その一方で、2022年度は電動車の品揃えを充実させて990万台の販売を目指すが、鉄やアルミなど貴金属の原材料価格の高騰を理由に、1年間に見込まれる負担の増加額が営業損益ベースで1兆4500億円という過去に例がないレベルにのぼるとも発表している。
藤井氏はこのニュースに、「円安だからこうなりますよね。モノが高く売れるようになっちゃったんですからね。よその国の人は(これまでと変わらず)ふつうに買っているだけですが、(円安になれば)日本円に換算した時にすごく高くなるのですから、そりゃ当然ですよ」と、輸出企業の円安効果を説明。好決算は当然の帰結であると強調する。

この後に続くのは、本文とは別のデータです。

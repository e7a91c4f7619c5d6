//! Numbers in decimal.
ghost use Rattle.std.specs.Prelude.{◌≡◌, ◌+◌, ◌-◌, ◌*◌, ◌^◌, ◌&&◌, nat_lt, Some, None, if◌then◌else◌};
ghost use Rattle.sf_script_calls.specs.Numbers.{is_digit, has_leading_zero, value_after, number_of};
ghost use Rattle.std.specs.List.{list_all};

// Whether a byte is a digit.
pub fn is_digit(byte: u8) -> bool
    ensures { result ≡ is_digit byte }
{
    matches!(byte, b'0'..=b'9')
}

// Whether more digits follow a leading zero.
fn has_leading_zero(text: &[u8]) -> bool
    ensures { result ≡ has_leading_zero text.now }
{
    match text {
        [digit, _, ..] => *digit == b'0',
        _ => false,
    }
}

// The number with one more digit. None where the byte is no digit or the number too large.
fn with_digit(number: u64, byte: u8) -> Option<u64>
    ensures { result ≡ (if is_digit byte && nat_lt (number * 10 + (byte - 48)) (2 ^ 64) then Some (number * 10 + (byte - 48)) else None) }
{
    if !is_digit(byte) {
        return None;
    }
    let digit = u64::from(byte - b'0');
    match number.checked_mul(10) {
        Some(tens) => tens.checked_add(digit),
        None => None,
    }
}

// The number that digits spell. None where a byte is no digit or the number too large.
fn decimal(text: &[u8]) -> Option<u64>
    ensures { result ≡ (if list_all is_digit text.now && nat_lt (value_after 0 text.now) (2 ^ 64) then Some (value_after 0 text.now) else None) }
{
    let mut number: u64 = 0;
    let mut rest = text;
    while let [byte, after @ ..] = rest {
        match with_digit(number, *byte) {
            Some(next) => number = next,
            None => return None,
        }
        rest = after;
    }
    Some(number)
}

/// The number of a text: `0`, or digits without a leading zero, below 2^64.
#[tactic(auto, unfolding(crate::specs::Numbers::number_of))]
pub fn number_of(text: &[u8]) -> Option<u64>
    ensures { result ≡ number_of text.now }
{
    if text.is_empty() || has_leading_zero(text) {
        None
    } else {
        decimal(text)
    }
}
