//! Masks for words.
ghost use Rattle.std.specs.Prelude.{◌≡◌, ◌+◌, ◌≤◌};
ghost use Rattle.sf_space_words.specs.declared.limits.TheConstants.{WORD_BLOCKS as WORD_SIZE};
ghost use Rattle.sf_reclaimer.specs.Inside.{mask_between};

use sf_space_words::WORD_BLOCKS;

// The mask of so many bits of a word from an offset on.
pub fn mask_from(offset: u32, count: u32) -> u64
    requires some { 1 ≤ count }
    requires within { offset + count ≤ WORD_SIZE }
    ensures { result ≡ mask_between offset (offset + count) }
{
    (u64::MAX >> (WORD_BLOCKS - count)) << offset
}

寺島アナは、「日本銀行の黒田(東彦)総裁が『(現時点では)円安は決して悪いことではない』というようなことを言っていましたが、その発言はこれ(輸出企業が円安の恩恵を受けること)につながるということなんですね」と付け加えたうえで、国民の生活と輸出企業とでは円安の影響に明暗が出てくることを示唆した。
もちろん、円安の弊害、デメリットもある。藤井氏は、「デメリットを緩和するような対策を併せて行えば良いだけなんですよね。例えば、石油が高いから減税しておくとか、小麦が高いから減税するとか、そういうことですね」と指摘した。